Philanthropy was inculcated in the family from a young age, she remembers, with the adage that “those who have much, have much responsibility”.
Dorianne Weil (the clinical and media psychologist known as “Dr D”) describes the Gordons as “very, very close” family friends, with whom she and her family spent many yomtavim together either in Plettenberg Bay or Johannesburg. The friendship goes back to her father and Gordon being “exceptionally good friends”.
Referring to Gordon, she says “he was more than the monument that people know about. There are a lot of institutions and organisations in Johannesburg that bear his name, but he was beyond that.
“He supported many families of people who used to work for him, and he carried on supporting their widows,” much like he did with his former teachers.
He had quite a soft spot for animal causes, and supported the SPCA (the Society for the Prevention of Cruelty to Animals), she says.
Referring to the conferral of a knighthood by the Queen in 2005 for services to the arts and business, Weil described Gordon as “an innovator, a trailblazer, and a maverick. When he started in the insurance industry, it looked very different to what it does today.
“He came with extremely way-out, new ideas and I remember hearing snippets of conversation and loud voices from behind the doors, ‘For goodness sake, that’s crazy, that’s never going to work!’ The people who backed him then, I can tell you, are very thankful, even today.
“The industry was being run by the establishment, and by conservative suits. He came along as a young man with way-out ideas that were not tried and tested. So he had to have quite a lot of courage and relate well. He had to be very convincing.”
Says businessman Arnold Basserabie, the chairperson of Afrika Tikkun and former chief executive of Fedsure Financial Services, “We were competitors and engaged on various industry committees where I had the opportunity and benefit of learning from him and identifying some of the pioneering and creative things he did during his tenure in the industry.

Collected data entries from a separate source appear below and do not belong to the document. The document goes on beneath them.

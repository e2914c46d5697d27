use ws_gate::{Admission, Denial};

/// What the rules made of a request.
#[derive(Drop)]
pub(crate) enum Ruling {
    /// It is let in, and answered by these bytes.
    LetIn(Admission, Vec<u8>),
    /// It is denied.
    KeptOut(Denial),
}
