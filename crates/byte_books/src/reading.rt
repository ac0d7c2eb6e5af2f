// The auction report and the price list: the two calls that change nothing. The prices are told as a run, since the lent list may be
// longer than any array here.
ghost use Rattle.std.specs.Prelude.{◌≡◌, ◌/◌, ◌≤◌, length};
ghost use Rattle.byte_books.specs.Reading.{read_refusal, read_call, read_on};

use crate::{ReadAsked, ReadReply};
use day::auctions::{Listing, list_run, report_call};
use model::{Day, MOST_PLACES, Order, ReportReply};
use records::ORDER_BYTES;
use records::days::day_in;
use records::lists::load_book;
use records::rooms::{FEW_PLACES, FEWEST_PLACES, order_room};

pub fn read_refusal(asked: ReadAsked, n: u64) -> ReadReply
    ensures { result ≡ read_refusal asked n }
{
    match asked {
        ReadAsked::Report => ReadReply::Report(ReportReply::Refused(n)),
        ReadAsked::List { .. } => ReadReply::List(Listing::Refused(n)),
    }
}

// The call on rows.
fn read_rows(d: Day, rows: &[Order], asked: ReadAsked) -> ReadReply
    ensures { result ≡ read_call d rows.now asked }
{
    match asked {
        ReadAsked::Report => ReadReply::Report(report_call(d, rows)),
        ReadAsked::List { places, asked } => ReadReply::List(list_run(d, rows, places, asked)),
    }
}

fn read_in(day: &[u8], book: &[u8], rows: &mut [Order], asked: ReadAsked) -> ReadReply
    requires day_len { length day.now ≡ 352 }
    requires rows_len { length rows.old ≡ length book.now / 40 }
    ensures { result ≡ read_on day.now book.now asked }
{
    load_book(book, rows);
    read_rows(day_in(day), rows, asked)
}

// In a room of so many places. Never inlined, so that a call sets up the room that it takes, and no larger one.
#[inline(never)]
fn read_in_room<const PLACES: usize>(day: &[u8], book: &[u8], asked: ReadAsked) -> ReadReply
    requires places_bound { PLACES ≤ 4_096 }
    requires day_len { length day.now ≡ 352 }
    requires book_len_bound { length book.now / 40 ≤ PLACES }
    ensures { result ≡ read_on day.now book.now asked }
{
    let n = book.len() / ORDER_BYTES;
    let mut rows = order_room::<PLACES>();
    read_in(day, book, &mut rows[..n], asked)
}

// In a room as small as the book allows.
pub fn read_bytes(day: &[u8], book: &[u8], asked: ReadAsked) -> ReadReply
    requires day_len { length day.now ≡ 352 }
    requires book_len_bound { length book.now / 40 ≤ 4_096 }
    ensures { result ≡ read_on day.now book.now asked }
{
    let n = book.len() / ORDER_BYTES;
    if n <= FEWEST_PLACES {
        read_in_room::<FEWEST_PLACES>(day, book, asked)
    } else if n <= FEW_PLACES {
        read_in_room::<FEW_PLACES>(day, book, asked)
    } else {
        read_in_room::<MOST_PLACES>(day, book, asked)
    }
}
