// The calls that make no trade, on the bytes of a day and a book, two and two as one: an opening and a cancel, which change day and
// book, and the report and the price list, which change nothing.
#![tactic(auto)]

pub mod changing;
pub mod reading;

use day::auctions::Listing;
use model::{CancelAnswer, OpenReply, ReportReply};

#[derive(Clone, Copy)]
pub enum BookAsked {
    Open { close: u64, mark: u64 },
    Cancel { account: u64, number: u64 },
}

#[derive(Clone, Copy)]
pub enum BookReply {
    Open(OpenReply),
    Cancel(CancelAnswer),
}

// The price list is for so many places.
#[derive(Clone, Copy)]
pub enum ReadAsked {
    Report,
    List { places: usize, asked: u64 },
}

#[derive(Clone, Copy)]
pub enum ReadReply {
    Report(ReportReply),
    List(Listing),
}
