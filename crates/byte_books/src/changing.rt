// An opening and a cancel: the two calls that change the book and make no trade.
ghost use Rattle.std.specs.Prelude.{◌≡◌, ◌/◌, ◌≤◌, length};
ghost use Rattle.records.specs.Layout.{day_in};
ghost use Rattle.byte_books.specs.Changing.{change_left, book_call, Changed, book_on};

use crate::{BookAsked, BookReply};
use day::events::cancel_call;
use day::opening::open_call;
use model::{MOST_PLACES, Order};
use records::ORDER_BYTES;
use records::days::day_in;
use records::lists::{load_book, store_book};
use records::rooms::{FEW_PLACES, FEWEST_PLACES, order_room};

// The call on rows. An opening reads nothing of the old day.
fn change_rows(day: &[u8], rows: &mut [Order], asked: BookAsked) -> BookReply
    requires { length day.now ≡ 352 }
    ensures { change_left result rows.new ≡ book_call (day_in day.now) rows.old asked }
{
    match asked {
        BookAsked::Open { close, mark } => BookReply::Open(open_call(rows, close, mark)),
        BookAsked::Cancel { account, number } => {
            BookReply::Cancel(cancel_call(day_in(day), rows, account, number))
        }
    }
}

// The bytes as rows, the call on the rows, and the rows as bytes again.
fn change_in(day: &[u8], book: &mut [u8], rows: &mut [Order], asked: BookAsked) -> BookReply
    requires day_len { length day.now ≡ 352 }
    requires rows_len { length rows.old ≡ length book.old / 40 }
    ensures { Changed (book_on day.now book.old asked) book.old result book.new }
{
    load_book(book, rows);
    let told = change_rows(day, rows, asked);
    store_book(book, rows);
    told
}

// In a room of so many places. Never inlined, so that a call sets up the room that it takes, and no larger one.
#[inline(never)]
fn change_in_room<const PLACES: usize>(day: &[u8], book: &mut [u8], asked: BookAsked) -> BookReply
    requires places_bound { PLACES ≤ 4_096 }
    requires day_len { length day.now ≡ 352 }
    requires book_len_bound { length book.old / 40 ≤ PLACES }
    ensures { Changed (book_on day.now book.old asked) book.old result book.new }
{
    let n = book.len() / ORDER_BYTES;
    let mut rows = order_room::<PLACES>();
    change_in(day, book, &mut rows[..n], asked)
}

// In a room as small as the book allows.
pub fn change_bytes(day: &[u8], book: &mut [u8], asked: BookAsked) -> BookReply
    requires day_len { length day.now ≡ 352 }
    requires book_len_bound { length book.old / 40 ≤ 4_096 }
    ensures { Changed (book_on day.now book.old asked) book.old result book.new }
{
    let n = book.len() / ORDER_BYTES;
    if n <= FEWEST_PLACES {
        change_in_room::<FEWEST_PLACES>(day, book, asked)
    } else if n <= FEW_PLACES {
        change_in_room::<FEW_PLACES>(day, book, asked)
    } else {
        change_in_room::<MOST_PLACES>(day, book, asked)
    }
}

“He was extremely dedicated and hardworking, and had a clear understanding of both the big picture and relevant detail.
“A lot is said today about industries being disrupted. Well, he certainly disrupted the life insurance industry with some amazing innovations. He pioneered the introduction of linked (market-related) insurance and investment products, and South Africa’s unit trust and retirement annuity industry.”
Basserabie notes that Gordon was one of the first investors to envisage the potential of Sandton as an investment opportunity and, together with developers Rapp and Maister, built Sandton City. Liberty subsequently built up a very prominent and successful property portfolio, and introduced into South Africa the concept of property-linked investments for individual investors.
He expanded into the United Kingdom by acquiring a significant stake in Sun Life Assurance, and building up a substantial property portfolio there under the aegis of what became Liberty International.
Gordon has given much back to South Africa, two examples of which are the Gordon Institute of Business Science (affiliated to the University of Pretoria) and the Wits Donald Gordon Medical Centre (of which Basserabie has been a director for the past 15 years).
“He was very competitive,” Basserabie says. “I recall that at one industry conference he was playing tennis [at which he was very proficient]. He ran to the net, cut the ball over the net, and then ran onto the other side of the net, and returned the ball to win the point!”
The South African Jewish Board of Deputies described Sir Donald as “a living legend” for his “phenomenal achievements in both the business and philanthropic fields. As a business leader who founded the global insurance giant Liberty International, he was far-sighted, bold, and innovative. As a philanthropist, his unstinting generosity led to the establishment of a range of outstanding institutions and foundations that have benefited countless people and numerous worthy causes the world over.
“Along with his innumerable services to the wider society, Gordon was a committed member of the Jewish community and contributed extensively over the decades to the welfare of its members.”